When they speak about copyright law, politicians frequently cite the impact on innovation and job creation. They also use terms like “modernization” and “balancing act” to describe the goals of copyright reform.
In 2012, the Canadian parliament passed The Copyright Modernization Act. Whether you supported or opposed the legislation depended on your perspective – the bill passed with unanimous endorsement of one party, the Conservatives, and in spite of equally unanimous objection from Liberal and New Democratic Party members.

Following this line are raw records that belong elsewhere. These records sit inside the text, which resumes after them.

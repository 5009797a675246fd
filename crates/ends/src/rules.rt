// The rules of each call: the first that fits refuses it. They and their order stand in specs/Refusals. Each call spells out
// its own, as its list there does, also where another begins alike.
ghost use Rattle.std.specs.Prelude.{◌≡◌, length, Ok, Err, if◌then◌else◌};
ghost use Rattle.ends.specs.Refusals.{first_of, bad_side, bad_plane, tile_rules, open_refusal, code_refusal, restart_refusal, follow_refusal, resume_refusal};
ghost use Rattle.ends.specs.Calls.{task_of};
ghost use Rattle.ends.specs.Inner.{unless};

use crate::coding::{Coding, Heading};
use crate::end::End;
use crate::mode::Mode;
use crate::plane::Size;
use crate::refusal::Refusal;
use crate::task::Task;
use crate::tile::Tile;
use kinds::{Kind, Qp};

pub fn check_open(size: Size, plane: &[u8]) -> Result<(), Refusal>
    ensures { result ≡ unless (open_refusal size plane.now) tt }
{
    if wrong_side(size.width) || wrong_side(size.height) {
        return Err(Refusal::Size);
    }
    check_plane(size, plane)
}

impl End {
    // What code is to do.
    pub fn check_code<K: Kind>(
        &self,
        kind: &K,
        plane: &[u8],
        coding: Coding,
        source: &[u8],
        levels: &[i16],
    ) -> Result<Task, Refusal>
        ensures { result ≡ unless (code_refusal (K.meaning kind.now) self.now plane.now coding source.now levels.now) (task_of self.now.size (K.meaning kind.now).edge coding) }
    {
        check_plane(self.size, plane)?;
        if self.count == u32::MAX {
            return Err(Refusal::Count);
        }
        let edge = kind.edge();
        let area = edge * edge;
        let miscounted = source.len() != area || levels.len() != area;
        check_tile(kind, self.size, coding, miscounted)
    }

    pub fn check_restart(&self, plane: &[u8]) -> Result<(), Refusal>
        ensures { result ≡ unless (restart_refusal self.now plane.now) tt }
    {
        check_plane(self.size, plane)?;
        if self.count == u32::MAX {
            return Err(Refusal::Count);
        }
        Ok(())
    }

    // What follow is to do.
    pub fn check_follow<K: Kind>(
        &self,
        kind: &K,
        plane: &[u8],
        heading: Heading,
        levels: &[i16],
    ) -> Result<Task, Refusal>
        ensures { result ≡ unless (follow_refusal (K.meaning kind.now) self.now plane.now heading levels.now) (task_of self.now.size (K.meaning kind.now).edge heading.coding) }
    {
        check_plane(self.size, plane)?;
        if heading.number == u32::MAX {
            return Err(Refusal::Count);
        }
        if heading.tag != kind.tag() {
            return Err(Refusal::Tag);
        }
        if heading.number < self.count {
            return Err(Refusal::Late);
        }
        if heading.number > self.count {
            return Err(Refusal::Early);
        }
        let edge = kind.edge();
        check_tile(kind, self.size, heading.coding, levels.len() != edge * edge)
    }

    pub fn check_resume(&self, plane: &[u8], heading: Heading) -> Result<(), Refusal>
        ensures { result ≡ unless (resume_refusal self.now plane.now heading) tt }
    {
        check_plane(self.size, plane)?;
        if heading.number == u32::MAX {
            return Err(Refusal::Count);
        }
        // A number, as the radio hands it over: any tag but 0 is some kind's.
        if heading.tag != 0 {
            return Err(Refusal::Tag);
        }
        if heading.number < self.count {
            return Err(Refusal::Late);
        }
        Ok(())
    }
}

// The rules that code and follow share; `miscounted` says that source or levels do not number edge x edge. It is handed
// over, since code has two lists to count and follow one, and the rule stands between those for place and border.
fn check_tile<K: Kind>(
    kind: &K,
    size: Size,
    coding: Coding,
    miscounted: bool,
) -> Result<Task, Refusal>
    ensures { result ≡ unless (first_of (tile_rules size (K.meaning kind.now).edge coding miscounted)) (task_of size (K.meaning kind.now).edge coding) }
{
    let qp = Qp::try_from(coding.qp)?;
    let mode = Mode::try_from(coding.mode)?;
    let tile = Tile::new(size, kind.edge(), coding.x, coding.y).ok_or(Refusal::Place)?;
    if miscounted {
        return Err(Refusal::Length);
    }
    Task::new(tile, mode, qp).ok_or(Refusal::Border)
}

fn check_plane(size: Size, plane: &[u8]) -> Result<(), Refusal>
    ensures { result ≡ (if bad_plane size (length plane.now) then Err Refusal.Plane else Ok tt) }
{
    if plane.len() != usize::from(size.width) * usize::from(size.height) {
        return Err(Refusal::Plane);
    }
    Ok(())
}

fn wrong_side(side: u16) -> bool
    ensures { result ≡ bad_side side }
{
    side % 16 != 0 || !(16..=1024).contains(&side)
}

“The issue comes to finding the correct balance, and both creators and users really wanting the maximum they can get out of the copyright laws,” notes Lesley Ellen Harris, lawyer and well-respected copyright blogger. “The speed at which technology is changing, it is sometimes difficult for the law to keep up. But generally, copyright laws are written with language that is fairly flexible to encompass new technologies, and then it’s up to the courts to apply the new technology – or what we call the new facts or circumstances— to the existing law.”

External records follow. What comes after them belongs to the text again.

//! Worked histories, computed: of each how many of its entries may come, one after another. Each is the contract of a
//! function that does nothing.

ghost use Rattle.std.specs.Prelude.{◌≡◌, [], ◌∷◌};
ghost use Rattle.kabi_types.specs.declared.calls.CallKind.TheVariants.{Exit, Getpid, Kill, Poll, Waitpid};
ghost use Rattle.kabi_types.specs.declared.entries.Cached.TheVariants.{Name};
ghost use Rattle.kabi_types.specs.declared.entries.Entry.TheVariants.{Done, Evicted, Gone, Killed, Slept};
ghost use Rattle.kabi_types.specs.declared.replies.Reply.TheVariants.{Waited};
ghost use Rattle.run_pasts.specs.Worked.{cached_script, crowded, crowded_script, crowding, dreaming, dropped, falls, gave, good, killed, killed_script, killing, spent, spent_script, starved, starved_script};

/// All twenty entries of a process in a loop may come; another pid is no answer, and nothing is cached that could go.
pub fn a_loop_is_followed()
    ensures all { good spent_script spent ≡ 20 }
    ensures pid { good spent_script (gave 1 Getpid 2 ∷ []) ≡ 0 }
    ensures nothing { good spent_script (Evicted Name ∷ spent) ≡ 0 }
{}

/// Children that are killed while they sleep, and one whose call is given up: who sleeps doesn't fall asleep again, a call is
/// given up once and never that of who lives, and a status is a signal or an exit.
pub fn killed_children_are_followed()
    ensures all { good killed_script killed ≡ 17 }
    ensures again { good killed_script (dreaming (Slept 3 Poll ∷ [])) ≡ 5 }
    ensures exit { good killed_script (dreaming (gave 1 Kill 0 ∷ Done 1 Waitpid (Waited 3 2304) ∷ [])) ≡ 6 }
    ensures twice { good killed_script (dreaming (killing (Gone 4 Poll ∷ []))) ≡ 12 }
    ensures living { good killed_script (dreaming (Gone 3 Poll ∷ [])) ≡ 5 }
    ensures kind { good killed_script (dreaming (killing (Gone 3 Exit ∷ []))) ≡ 12 }
{}

/// A call above all room is refused with its bound, and with no other.
pub fn a_refusal_is_followed()
    ensures all { good starved_script (starved 10368) ≡ 4 }
    ensures bound { good starved_script (starved 10367) ≡ 2 }
{}

/// The heaviest are killed, of equals the youngest first, so that the fork of one of them may fit, who is the last of them; not
/// out of order, not with other live bytes, and not while what is asked for fits.
pub fn kills_are_followed()
    ensures all { good crowded_script crowded ≡ 13 }
    ensures order { good crowded_script (crowding (falls 5 ∷ [])) ≡ 6 }
    ensures live { good crowded_script (crowding (Killed 6 2 3328 3264 ∷ [])) ≡ 6 }
    ensures sleeper { good crowded_script (crowding (Killed 6 1 0 3200 ∷ [])) ≡ 6 }
    ensures first { good crowded_script (falls 2 ∷ []) ≡ 0 }
{}

/// Behind a walk two names may go, and no third.
pub fn evictions_are_followed()
    ensures { good cached_script dropped ≡ 3 }
{}
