//! What may come next in a history of the plain machine, computed: the one entry that is expected of who is said to have
//! done what, whether an entry may follow, and where a list of entries leads. The laws say that this is what legal histories
//! are defined to be, and that each of them has one past.
#![tactic(auto)]

mod claims;
mod laws;
mod worked;

pub use claims::{Claim, Deed};
pub use laws::{
    a_history_is_computed, a_run_has_one_past, one_entry_is_expected, what_follows_is_computed,
    what_goes_before_is_a_run,
};
pub use worked::{
    a_loop_is_followed, a_refusal_is_followed, evictions_are_followed,
    killed_children_are_followed, kills_are_followed,
};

In the fourth and latest edition of Canadian Copyright Law, Harris underscores how Canada’s cultural history has shaped its legal tradition. “We have French Canada and English Canada,” she tells CCC’s Chris Kenneally. “When it comes to federal laws like the Canadian Copyright Act, we have influence from not only all political groups in Canada, but also cultural. For instance, the protection of moral rights – the rights that protect the reputation and honor of an author – are much stronger in Canada than in the United States. And that’s really because of the cultural aspects of Canada and the makeup of the country.”